Step by step solution

01

Analyzing Assumptions

Since the exercise did not provide information on how the data was collected, we can't accurately confirm whether the data satisfies the requirements for inference such as being a random sample or each observation is independent of each other. However, considering the relatively small sample size (n=6), Central Limit Theorem will not apply. Also, only the data is provided and nothing else. Thus, assuming that the samples are independent and identically distributed, and that the distribution of bag weights is symmetric or nearly symmetric around its mean.
02

Calculate Mean and Standard Deviation

To compute the mean, simply add up all the weights and divide by the number of bags, which is 6. The list of weights is: 29.2, 28.5, 28.7, 28.9, 29.1, 29.5. Thus, the mean is \(\frac{(29.2+28.5+28.7+28.9+29.1+29.5)}{6} \approx 28.98\)g.
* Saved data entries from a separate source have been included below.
//! Where the elements of memories lie.

ghost use Rattle.std.specs.Prelude.{◌≡◌, ◌≤◌, length};
ghost use Rattle.std.specs.List.{AllByRecursion};
ghost use Rattle.dh_tree.specs.Elements.{banks_of};
ghost use Rattle.dh_tree.specs.Shapes.{IsDim, most_banks};
ghost use Rattle.dh_tree.specs.Tables.{elements_of, most_elements};
ghost use Rattle.dh_shape.specs.Placed.{place_of_element};

use dh_tree::Shape;

/// The bank of an element, below the banks of all dimensions together, and its row there, below the
/// rows of a bank: element i of a dimension of m banks is in bank i mod m and row i div m, row-major
/// over the dimensions. None where an index is not below its dimension's size.
pub fn bank_row(shape: &Shape, index: &[u64]) -> Option<(u32, u32)>
    requires dims { AllByRecursion IsDim shape.now.dims }
    requires banks { banks_of shape.now.dims ≤ most_banks }
    requires elements { elements_of shape.now.dims ≤ most_elements }
    requires indices { length index.now ≡ length shape.now.dims }
    ensures { result ≡ place_of_element shape.now index.now }
{
    let mut bank = 0;
    let mut row = 0;
    for (dim, element) in shape.dims.as_slice().iter().zip(index.iter()) {
        if *element >= dim.size {
            return None;
        }
        bank = bank * dim.banks + *element % dim.banks;
        row = row * (dim.size / dim.banks) + *element / dim.banks;
    }
    Some((bank as u32, row as u32))
}
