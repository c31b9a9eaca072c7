//! How many copies there are of one place.

ghost use Rattle.std.specs.Prelude.{◌≡◌};
ghost use Rattle.dh_shape.specs.Above.{copies_in_command, copies_in_other, copies_in_parts};

use crate::counting::{excess, first_of, product};
use dh_base::{Excess, Limit};
use dh_tree::{Command, CommandForm};

/// The first excess of copies in a command round which there are so many.
#[cycle(copies)]
#[tactic(auto, using(dh_tree::proofs::SeenActions::actions_are))]
pub(crate) fn copies_above(round: u64, command: &Command) -> Option<Excess>
    ensures { result ≡ copies_in_command round command.now }
{
    match &command.form {
        CommandForm::Block { body } => copies_above_in_parts(round, body.as_slice()),
        CommandForm::If { then, other, .. } => {
            let chosen = copies_above(round, then);
            first_of(chosen, copies_above_in_other(round, other))
        }
        CommandForm::While { body, .. } => copies_above(round, body),
        CommandForm::For {
            header,
            body,
            combine,
        } => {
            let header = header.as_ref();
            // where it is not the first excess, it is below the limit, and so is not cut off
            let inside = product(round, header.factor);
            let inner = copies_above(inside, body);
            let behind = first_of(inner, copies_above_in_other(inside, combine));
            first_of(excess(Limit::Copies, inside), behind)
        }
        CommandForm::Let { .. } => None,
        CommandForm::LetMemory { .. } => None,
        CommandForm::View { .. } => None,
        CommandForm::Assign { .. } => None,
        CommandForm::Store { .. } => None,
        CommandForm::Reduce { .. } => None,
        CommandForm::Call { .. } => None,
    }
}

/// That in a block that may lack.
#[cycle(copies)]
fn copies_above_in_other(round: u64, other: &Option<Box<Command>>) -> Option<Excess>
    ensures { result ≡ copies_in_other round other.now }
{
    match other {
        Some(block) => copies_above(round, block),
        None => None,
    }
}

/// That in the parts between `---`.
#[cycle(copies)]
#[tactic(auto, using(dh_tree::proofs::SeenActions::actions_are))]
fn copies_above_in_parts(round: u64, parts: &[Vec<Command>]) -> Option<Excess>
    ensures { result ≡ copies_in_parts round parts.now }
{
    let mut found = None;
    for part in parts {
        for command in part {
            found = first_of(found, copies_above(round, command));
        }
    }
    found
}
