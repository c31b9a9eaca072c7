//! Laws on the blocks of a plan, stated on functions that do nothing.

ghost use Rattle.dh_charged.specs.AccessMemories.{ReadyHaveMemories};
ghost use Rattle.dh_charged.specs.ChargedBlocks.{BlocksCharge, PlansCharge, TestsCharge};
ghost use Rattle.dh_charged.specs.ChargedUses.{LedUsesCharge};
ghost use Rattle.dh_charged.specs.LeadersCounted.{AllLeadersAreKeys};
ghost use Rattle.dh_charged.specs.MetAccesses.{CommandsMeetInRange, PlansMeet};
ghost use Rattle.dh_charged.specs.TouchedBlocks.{StraightsTouch, TestsTouch};

/// A block sees registers of variables that it mentions, and counters of loops round it; it sets registers of what it
/// assigns to, or the flag of its test.
pub fn made_blocks_touch()
    ensures straight { StraightsTouch }
    ensures tests { TestsTouch }
{}

/// The paths that lead are as many as the keys that differ, and those on a bank no more than the keys that reach it.
pub fn leaders_are_keys()
    ensures { AllLeadersAreKeys }
{}

/// Accesses that may meet are those of commands, each once and in the order of their numbers; those of a plan are the
/// program's.
pub fn plans_meet_as_programs()
    ensures commands { CommandsMeetInRange }
    ensures plans { PlansMeet }
{}

/// Reads and writes charge a bank no more than their accesses do in the program.
pub fn led_uses_charge()
    ensures { LedUsesCharge }
{}

/// Each access of a ready program is of a memory, where memories and banks are few.
pub fn accesses_have_memories()
    ensures { ReadyHaveMemories }
{}

/// A block charges a bank no more than the program does, and so does a plan of such blocks.
pub fn blocks_charge_less()
    ensures straight { BlocksCharge }
    ensures tests { TestsCharge }
    ensures plans { PlansCharge }
{}
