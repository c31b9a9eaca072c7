//! What blocks of a plan touch and charge: laws on what was put down for commands, for no step. Which registers a block
//! sees and sets; that accesses of a plan meet as those of the program; that a bank is read and written as often as there
//! are distinct keys of accesses on it; and so that no access of a block or of a plan charges a bank more than in the
//! program. Stands on `dh_laid`, `dh_blocks` and below.
#![tactic(auto)]

mod laws;

pub use laws::{
    accesses_have_memories, blocks_charge_less, leaders_are_keys, led_uses_charge,
    made_blocks_touch, plans_meet_as_programs,
};
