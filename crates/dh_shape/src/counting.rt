//! Counts that are reported.

ghost use Rattle.std.specs.Prelude.{◌≡◌, ◌+◌, ◌*◌, min};
ghost use Rattle.dh_tree.specs.Excesses.{most_counted, excess_at, or_else};

use dh_base::{Excess, Limit};

/// Counts that are reported stop here.
const MOST_COUNTED: u64 = 1_000_000_000;

/// A count, where it is above its limit.
pub(crate) fn excess(limit: Limit, count: u64) -> Option<Excess>
    ensures { result ≡ excess_at limit count }
{
    if limit.greatest() < count {
        Some(Excess {
            limit,
            count: count.min(MOST_COUNTED),
        })
    } else {
        None
    }
}

/// The product, as far as counts go.
pub(crate) fn product(left: u64, right: u64) -> u64
    ensures { result ≡ min (left * right) most_counted }
{
    left.saturating_mul(right).min(MOST_COUNTED)
}

/// The sum, as far as counts go.
pub(crate) fn total(left: u64, right: u64) -> u64
    ensures { result ≡ min (left + right) most_counted }
{
    left.saturating_add(right).min(MOST_COUNTED)
}

/// The first of these, where there is one, or else the next.
pub(crate) fn first_of(first: Option<Excess>, next: Option<Excess>) -> Option<Excess>
    ensures { result ≡ or_else first next }
{
    match first {
        Some(excess) => Some(excess),
        None => next,
    }
}
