// The parties of a sheet's tableaux: those left, which have an amount, numbered among themselves in
// their order, and where there is a surplus an extra café after them, the last, that takes it.
#![tactic(auto)]

ghost use Rattle.std.specs.Prelude.{◌≡◌, ◌≤◌, length, take};

use transport::MAX_SIDE;

pub mod number;

pub use number::{number_parties, own_number};

// The rows and the columns of those left, and of the columns the cafés, which come first. Their
// amounts and their own numbers stand at the fronts of arrays with room for any side.
#[derive(Clone, Copy)]
pub struct Parties {
    pub rows: usize,
    pub columns: usize,
    pub cafes: usize,
    pub supplies: [u64; MAX_SIDE],
    pub demands: [u64; MAX_SIDE],
    pub row_numbers: [usize; MAX_SIDE],
    pub column_numbers: [usize; MAX_SIDE],
    pub ghost in_room: { (rows ≤ length row_numbers) × (columns ≤ length column_numbers) × (cafes ≤ columns) },
}

impl Parties {
    pub fn supplies(&self) -> &[u64]
        ensures { result.now ≡ take self.now.rows self.now.supplies }
    {
        &self.supplies[..self.rows]
    }

    pub fn demands(&self) -> &[u64]
        ensures { result.now ≡ take self.now.columns self.now.demands }
    {
        &self.demands[..self.columns]
    }

    // The own numbers of the rows,
    pub fn row_numbers(&self) -> &[usize]
        ensures { result.now ≡ take self.now.rows self.now.row_numbers }
    {
        &self.row_numbers[..self.rows]
    }

    // of the columns,
    pub fn column_numbers(&self) -> &[usize]
        ensures { result.now ≡ take self.now.columns self.now.column_numbers }
    {
        &self.column_numbers[..self.columns]
    }

    // and of the cafés among them.
    pub fn cafe_numbers(&self) -> &[usize]
        ensures { result.now ≡ take self.now.cafes self.now.column_numbers }
    {
        &self.column_numbers[..self.cafes]
    }
}
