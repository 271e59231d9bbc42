// The settled plan from the board of a finished tableau.
ghost use Rattle.std.specs.Prelude.{◌≡◌, true, List, ℤ};
ghost use Rattle.transport.specs.Problem.{Problem};
ghost use Rattle.transport.specs.declared.Cell.{Cell};
ghost use Rattle.cost_grid.specs.Costs.{Costed};
ghost use Rattle.rounds.specs.Begun.{Judged};
ghost use Rattle.solving.specs.Finished.{SettledBags};

use board::Board;
use board::gather::draw;
use settle::lanes::settle_lanes;
use tight::tight_lanes;
use transport::MAX_SIDE;
use tree::{LANES, NODES, Price};

// Settles the board of a finished tableau of m sources and n sinks: its bags become those of the
// optimal plan that carries more on the first lane where it differs from any other. Marks play no
// part, so that e may be any.
pub fn settle_board(
    board: &mut Board,
    cost: &[Price; LANES],
    price: &[Price; NODES],
    m: usize,
    n: usize,
)
    requires { (P : Problem) × (T : List Cell) × (e : List ℤ)
        × Judged P T board.old.amounts.q e price.now board.old.basis.lane m n true
        × Costed P cost.now }
    ensures settled { (P : Problem) (T : List Cell) (e : List ℤ)
        → Judged P T board.old.amounts.q e price.now board.old.basis.lane m n true
        → Costed P cost.now → SettledBags P m n board.new.amounts.q }
    ensures only_bags { (board.new.basis ≡ board.old.basis) × (board.new.amounts.e ≡ board.old.amounts.e) }
{
    let mut adj = [0; NODES];
    draw(&board.basis, m, m + n - 1, &mut adj);
    let mut tight = [0; MAX_SIDE];
    tight_lanes(cost, price, &mut tight, m, n);
    settle_lanes(&mut board.amounts.q, &tight, &adj, m, n);
}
To compute the standard deviation, subtract the mean from each weight to get the deviations. Square each deviation, add them all up and divide by \(n-1\) (5 in this case) to get variance. The square root of the variance gives the standard deviation.
03

Hypothesis Testing

To test the hypothesis that the mean weight of the Doritos bags is as claimed (28.3g), compute a one-sample t-test using the observed mean, the hypothesized mean, and the standard deviation. The null hypothesis is that the mean weight of the bags equals 28.3g. The alternative hypothesis is that the mean weight of the bags is not equal to 28.3g. The calculated t-statistic, degrees of freedom, and p-value will indicate whether we can reject the null hypothesis. If the p-value is below a pre-specified significance level (commonly 0.05), we reject the null hypothesis and conclude the net weight is not as claimed.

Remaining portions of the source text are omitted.